WORK REQUEST: Go through the data below and return each line containing the word "area".

++++

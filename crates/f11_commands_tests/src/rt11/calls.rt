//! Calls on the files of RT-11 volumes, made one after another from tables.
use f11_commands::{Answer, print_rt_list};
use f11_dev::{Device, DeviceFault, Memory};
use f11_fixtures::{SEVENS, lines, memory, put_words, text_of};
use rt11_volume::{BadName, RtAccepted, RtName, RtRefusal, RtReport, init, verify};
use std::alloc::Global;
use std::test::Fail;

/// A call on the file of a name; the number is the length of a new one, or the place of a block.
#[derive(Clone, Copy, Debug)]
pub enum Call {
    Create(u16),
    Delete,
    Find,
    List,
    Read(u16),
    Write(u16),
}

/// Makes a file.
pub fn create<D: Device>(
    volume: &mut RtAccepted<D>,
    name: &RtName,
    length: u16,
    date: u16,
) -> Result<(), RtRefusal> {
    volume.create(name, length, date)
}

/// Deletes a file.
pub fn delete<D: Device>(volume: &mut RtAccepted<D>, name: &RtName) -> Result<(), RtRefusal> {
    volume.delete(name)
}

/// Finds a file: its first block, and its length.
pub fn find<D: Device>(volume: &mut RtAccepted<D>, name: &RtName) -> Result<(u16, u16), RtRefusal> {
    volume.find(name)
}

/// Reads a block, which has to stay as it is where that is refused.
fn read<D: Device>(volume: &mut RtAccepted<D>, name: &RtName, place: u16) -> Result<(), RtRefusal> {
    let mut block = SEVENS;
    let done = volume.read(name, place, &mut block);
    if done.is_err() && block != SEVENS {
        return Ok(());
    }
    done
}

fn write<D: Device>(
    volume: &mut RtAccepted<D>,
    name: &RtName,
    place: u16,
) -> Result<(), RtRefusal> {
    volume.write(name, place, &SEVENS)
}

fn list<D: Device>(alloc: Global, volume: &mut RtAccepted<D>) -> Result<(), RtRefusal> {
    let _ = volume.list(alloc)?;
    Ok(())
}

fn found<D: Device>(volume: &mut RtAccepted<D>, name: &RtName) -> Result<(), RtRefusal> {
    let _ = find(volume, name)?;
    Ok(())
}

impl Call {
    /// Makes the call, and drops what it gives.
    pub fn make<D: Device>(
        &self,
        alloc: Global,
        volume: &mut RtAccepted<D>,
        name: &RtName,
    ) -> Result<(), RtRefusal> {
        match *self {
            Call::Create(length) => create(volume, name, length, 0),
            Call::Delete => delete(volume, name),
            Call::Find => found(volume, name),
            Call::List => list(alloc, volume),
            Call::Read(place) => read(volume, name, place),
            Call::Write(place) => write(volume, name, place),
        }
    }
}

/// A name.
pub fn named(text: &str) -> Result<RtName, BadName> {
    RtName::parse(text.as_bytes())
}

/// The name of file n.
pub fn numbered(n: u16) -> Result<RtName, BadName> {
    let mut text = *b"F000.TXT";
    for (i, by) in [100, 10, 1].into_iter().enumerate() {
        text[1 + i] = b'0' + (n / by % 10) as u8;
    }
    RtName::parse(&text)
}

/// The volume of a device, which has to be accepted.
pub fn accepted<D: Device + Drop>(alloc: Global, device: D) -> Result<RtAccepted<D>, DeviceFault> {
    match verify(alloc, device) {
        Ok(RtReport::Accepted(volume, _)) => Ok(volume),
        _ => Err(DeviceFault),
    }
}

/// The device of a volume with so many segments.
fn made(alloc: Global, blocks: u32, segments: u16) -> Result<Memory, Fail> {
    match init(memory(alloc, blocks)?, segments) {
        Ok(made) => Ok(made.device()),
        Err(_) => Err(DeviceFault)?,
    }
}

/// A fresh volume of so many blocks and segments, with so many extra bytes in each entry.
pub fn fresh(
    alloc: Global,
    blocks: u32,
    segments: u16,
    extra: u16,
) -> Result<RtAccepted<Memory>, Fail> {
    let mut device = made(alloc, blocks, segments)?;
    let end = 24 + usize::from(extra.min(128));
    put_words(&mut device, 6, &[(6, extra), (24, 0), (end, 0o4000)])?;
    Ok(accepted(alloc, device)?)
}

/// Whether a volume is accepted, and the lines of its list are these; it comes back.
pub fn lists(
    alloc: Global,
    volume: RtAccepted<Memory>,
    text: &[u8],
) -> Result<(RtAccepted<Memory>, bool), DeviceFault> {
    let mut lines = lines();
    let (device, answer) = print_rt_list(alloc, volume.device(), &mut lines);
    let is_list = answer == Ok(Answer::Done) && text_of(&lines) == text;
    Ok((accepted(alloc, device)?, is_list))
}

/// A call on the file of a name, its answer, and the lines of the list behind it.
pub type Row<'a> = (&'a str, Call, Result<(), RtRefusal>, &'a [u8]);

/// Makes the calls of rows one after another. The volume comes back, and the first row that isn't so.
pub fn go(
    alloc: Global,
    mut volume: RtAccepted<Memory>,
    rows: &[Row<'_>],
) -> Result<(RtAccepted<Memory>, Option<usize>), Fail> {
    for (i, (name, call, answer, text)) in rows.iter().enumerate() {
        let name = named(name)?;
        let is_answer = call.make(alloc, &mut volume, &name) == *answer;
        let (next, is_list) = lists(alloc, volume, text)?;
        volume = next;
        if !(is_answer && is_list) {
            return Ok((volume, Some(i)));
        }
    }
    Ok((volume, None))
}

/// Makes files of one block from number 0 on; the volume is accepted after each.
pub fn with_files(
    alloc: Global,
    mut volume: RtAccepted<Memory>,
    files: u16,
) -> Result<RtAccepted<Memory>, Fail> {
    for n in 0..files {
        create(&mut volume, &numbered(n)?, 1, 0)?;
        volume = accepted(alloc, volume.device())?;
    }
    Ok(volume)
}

++++

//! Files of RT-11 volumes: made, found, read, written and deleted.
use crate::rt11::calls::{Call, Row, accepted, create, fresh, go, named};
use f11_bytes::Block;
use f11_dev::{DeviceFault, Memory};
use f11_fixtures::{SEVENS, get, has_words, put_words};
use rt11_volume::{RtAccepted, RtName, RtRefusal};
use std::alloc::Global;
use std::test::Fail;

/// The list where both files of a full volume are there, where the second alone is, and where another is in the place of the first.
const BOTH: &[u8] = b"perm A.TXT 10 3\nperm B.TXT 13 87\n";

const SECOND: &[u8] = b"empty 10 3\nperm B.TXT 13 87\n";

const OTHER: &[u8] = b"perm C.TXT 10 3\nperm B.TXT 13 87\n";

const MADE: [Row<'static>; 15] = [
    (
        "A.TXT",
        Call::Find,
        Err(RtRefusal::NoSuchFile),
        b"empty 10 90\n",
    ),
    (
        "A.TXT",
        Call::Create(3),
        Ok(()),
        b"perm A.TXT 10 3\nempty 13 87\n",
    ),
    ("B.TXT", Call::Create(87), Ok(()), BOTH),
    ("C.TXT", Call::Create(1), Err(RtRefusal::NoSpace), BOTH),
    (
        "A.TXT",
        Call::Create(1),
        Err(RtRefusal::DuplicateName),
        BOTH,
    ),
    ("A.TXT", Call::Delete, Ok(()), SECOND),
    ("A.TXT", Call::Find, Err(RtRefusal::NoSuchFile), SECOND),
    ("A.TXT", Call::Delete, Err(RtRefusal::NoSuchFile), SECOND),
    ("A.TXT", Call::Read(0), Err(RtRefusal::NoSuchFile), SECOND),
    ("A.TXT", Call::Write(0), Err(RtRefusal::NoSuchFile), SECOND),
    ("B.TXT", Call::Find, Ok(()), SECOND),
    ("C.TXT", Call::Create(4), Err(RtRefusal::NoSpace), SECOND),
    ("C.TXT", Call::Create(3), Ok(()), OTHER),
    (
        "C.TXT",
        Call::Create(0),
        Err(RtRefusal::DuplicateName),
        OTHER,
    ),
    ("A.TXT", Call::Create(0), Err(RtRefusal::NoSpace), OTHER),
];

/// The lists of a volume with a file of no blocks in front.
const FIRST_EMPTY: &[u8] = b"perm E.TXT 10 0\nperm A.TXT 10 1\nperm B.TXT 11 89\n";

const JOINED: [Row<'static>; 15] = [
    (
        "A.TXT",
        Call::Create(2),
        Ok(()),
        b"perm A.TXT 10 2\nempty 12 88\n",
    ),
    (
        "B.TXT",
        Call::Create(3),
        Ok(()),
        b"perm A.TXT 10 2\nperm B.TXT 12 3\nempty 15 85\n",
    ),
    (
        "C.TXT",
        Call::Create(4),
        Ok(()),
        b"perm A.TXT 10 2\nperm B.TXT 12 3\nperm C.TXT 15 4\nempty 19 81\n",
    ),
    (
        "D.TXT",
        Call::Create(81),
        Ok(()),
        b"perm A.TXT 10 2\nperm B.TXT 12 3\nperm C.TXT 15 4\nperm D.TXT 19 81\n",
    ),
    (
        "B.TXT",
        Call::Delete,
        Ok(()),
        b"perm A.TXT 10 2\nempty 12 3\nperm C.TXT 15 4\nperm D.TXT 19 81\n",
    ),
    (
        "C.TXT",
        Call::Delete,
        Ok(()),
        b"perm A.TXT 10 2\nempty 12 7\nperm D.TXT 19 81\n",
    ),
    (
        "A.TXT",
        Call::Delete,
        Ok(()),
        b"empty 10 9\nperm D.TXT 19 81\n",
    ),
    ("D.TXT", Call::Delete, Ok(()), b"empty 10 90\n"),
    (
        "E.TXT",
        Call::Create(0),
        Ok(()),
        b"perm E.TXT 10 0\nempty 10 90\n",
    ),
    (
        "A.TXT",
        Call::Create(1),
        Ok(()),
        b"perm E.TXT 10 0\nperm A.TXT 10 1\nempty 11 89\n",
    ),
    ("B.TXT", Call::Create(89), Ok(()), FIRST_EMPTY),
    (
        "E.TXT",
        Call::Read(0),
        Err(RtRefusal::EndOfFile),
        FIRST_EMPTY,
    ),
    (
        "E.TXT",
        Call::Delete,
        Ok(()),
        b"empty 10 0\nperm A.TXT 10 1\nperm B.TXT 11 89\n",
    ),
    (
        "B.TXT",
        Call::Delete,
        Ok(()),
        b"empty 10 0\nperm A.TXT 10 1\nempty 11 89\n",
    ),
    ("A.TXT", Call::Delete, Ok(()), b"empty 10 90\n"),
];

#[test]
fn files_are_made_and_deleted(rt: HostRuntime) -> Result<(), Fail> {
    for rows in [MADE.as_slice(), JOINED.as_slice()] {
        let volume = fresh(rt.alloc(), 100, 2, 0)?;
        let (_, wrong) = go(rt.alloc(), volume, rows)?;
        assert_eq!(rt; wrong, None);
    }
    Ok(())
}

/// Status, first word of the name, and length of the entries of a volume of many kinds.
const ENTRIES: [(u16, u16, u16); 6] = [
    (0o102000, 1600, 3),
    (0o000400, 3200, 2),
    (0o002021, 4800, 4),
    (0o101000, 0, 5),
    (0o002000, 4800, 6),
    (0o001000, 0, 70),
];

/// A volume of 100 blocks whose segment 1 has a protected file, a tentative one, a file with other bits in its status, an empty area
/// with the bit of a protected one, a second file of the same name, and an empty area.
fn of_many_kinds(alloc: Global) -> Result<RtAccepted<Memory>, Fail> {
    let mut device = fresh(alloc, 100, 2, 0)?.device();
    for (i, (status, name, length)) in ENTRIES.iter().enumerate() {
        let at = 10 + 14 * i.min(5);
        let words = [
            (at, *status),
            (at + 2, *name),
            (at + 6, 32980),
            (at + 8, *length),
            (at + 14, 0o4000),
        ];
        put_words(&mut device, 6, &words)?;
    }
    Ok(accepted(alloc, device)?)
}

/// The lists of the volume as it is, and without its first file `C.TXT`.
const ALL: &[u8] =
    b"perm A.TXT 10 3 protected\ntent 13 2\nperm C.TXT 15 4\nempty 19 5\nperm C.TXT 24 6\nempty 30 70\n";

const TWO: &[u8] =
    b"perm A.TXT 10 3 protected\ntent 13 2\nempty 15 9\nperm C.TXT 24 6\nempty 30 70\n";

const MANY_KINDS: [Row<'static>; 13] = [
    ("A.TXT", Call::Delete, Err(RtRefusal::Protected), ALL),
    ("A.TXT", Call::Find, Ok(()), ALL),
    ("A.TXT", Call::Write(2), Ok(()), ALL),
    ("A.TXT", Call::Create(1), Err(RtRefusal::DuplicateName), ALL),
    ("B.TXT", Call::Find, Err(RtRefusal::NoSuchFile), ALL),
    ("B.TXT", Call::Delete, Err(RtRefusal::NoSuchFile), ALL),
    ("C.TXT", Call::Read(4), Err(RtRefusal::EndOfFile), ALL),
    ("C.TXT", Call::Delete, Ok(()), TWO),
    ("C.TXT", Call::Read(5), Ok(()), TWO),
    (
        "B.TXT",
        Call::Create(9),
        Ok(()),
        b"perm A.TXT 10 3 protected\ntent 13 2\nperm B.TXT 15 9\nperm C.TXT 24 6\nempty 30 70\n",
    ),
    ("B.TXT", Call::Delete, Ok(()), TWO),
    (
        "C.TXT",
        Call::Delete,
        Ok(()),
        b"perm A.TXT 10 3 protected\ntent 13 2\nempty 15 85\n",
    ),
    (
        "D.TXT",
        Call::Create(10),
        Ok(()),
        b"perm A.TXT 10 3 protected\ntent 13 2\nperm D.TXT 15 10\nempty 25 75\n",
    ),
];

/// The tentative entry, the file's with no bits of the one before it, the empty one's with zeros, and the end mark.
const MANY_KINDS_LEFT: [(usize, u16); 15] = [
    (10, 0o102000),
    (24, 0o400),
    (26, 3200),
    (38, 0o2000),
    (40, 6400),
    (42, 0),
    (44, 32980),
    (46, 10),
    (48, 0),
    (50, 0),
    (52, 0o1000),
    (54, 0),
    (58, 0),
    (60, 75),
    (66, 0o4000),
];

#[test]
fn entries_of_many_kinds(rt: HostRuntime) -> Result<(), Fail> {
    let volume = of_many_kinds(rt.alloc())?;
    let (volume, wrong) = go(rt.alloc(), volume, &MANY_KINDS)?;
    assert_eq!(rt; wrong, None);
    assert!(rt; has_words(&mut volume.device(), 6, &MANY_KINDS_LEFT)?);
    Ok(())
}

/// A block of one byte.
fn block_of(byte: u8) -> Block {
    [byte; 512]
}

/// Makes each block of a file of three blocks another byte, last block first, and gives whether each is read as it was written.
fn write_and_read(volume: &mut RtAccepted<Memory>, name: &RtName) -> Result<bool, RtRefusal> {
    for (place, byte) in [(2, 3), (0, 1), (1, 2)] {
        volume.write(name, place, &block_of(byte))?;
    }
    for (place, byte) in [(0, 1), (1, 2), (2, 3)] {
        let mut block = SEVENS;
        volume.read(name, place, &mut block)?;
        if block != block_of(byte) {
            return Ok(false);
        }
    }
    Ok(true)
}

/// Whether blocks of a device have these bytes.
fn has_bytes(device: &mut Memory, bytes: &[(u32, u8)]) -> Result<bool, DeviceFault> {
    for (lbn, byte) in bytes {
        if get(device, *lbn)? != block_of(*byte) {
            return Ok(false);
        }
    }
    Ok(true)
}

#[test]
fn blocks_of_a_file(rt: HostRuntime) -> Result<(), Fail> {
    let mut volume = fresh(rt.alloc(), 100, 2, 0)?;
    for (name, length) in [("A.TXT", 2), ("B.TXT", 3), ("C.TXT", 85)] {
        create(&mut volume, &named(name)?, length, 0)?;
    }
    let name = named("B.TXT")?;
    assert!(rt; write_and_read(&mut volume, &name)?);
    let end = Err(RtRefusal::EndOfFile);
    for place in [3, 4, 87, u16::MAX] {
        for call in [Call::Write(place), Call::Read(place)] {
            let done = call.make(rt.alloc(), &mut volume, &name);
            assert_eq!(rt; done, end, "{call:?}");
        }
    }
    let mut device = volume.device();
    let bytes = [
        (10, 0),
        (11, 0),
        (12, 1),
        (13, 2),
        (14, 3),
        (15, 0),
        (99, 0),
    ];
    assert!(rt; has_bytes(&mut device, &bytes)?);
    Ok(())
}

++++

RESULT OF THIS TASK:
/// A volume of 100 blocks whose segment 1 has a protected file, a tentative one, a file with other bits in its status, an empty area
/// with the bit of a protected one, a second file of the same name, and an empty area.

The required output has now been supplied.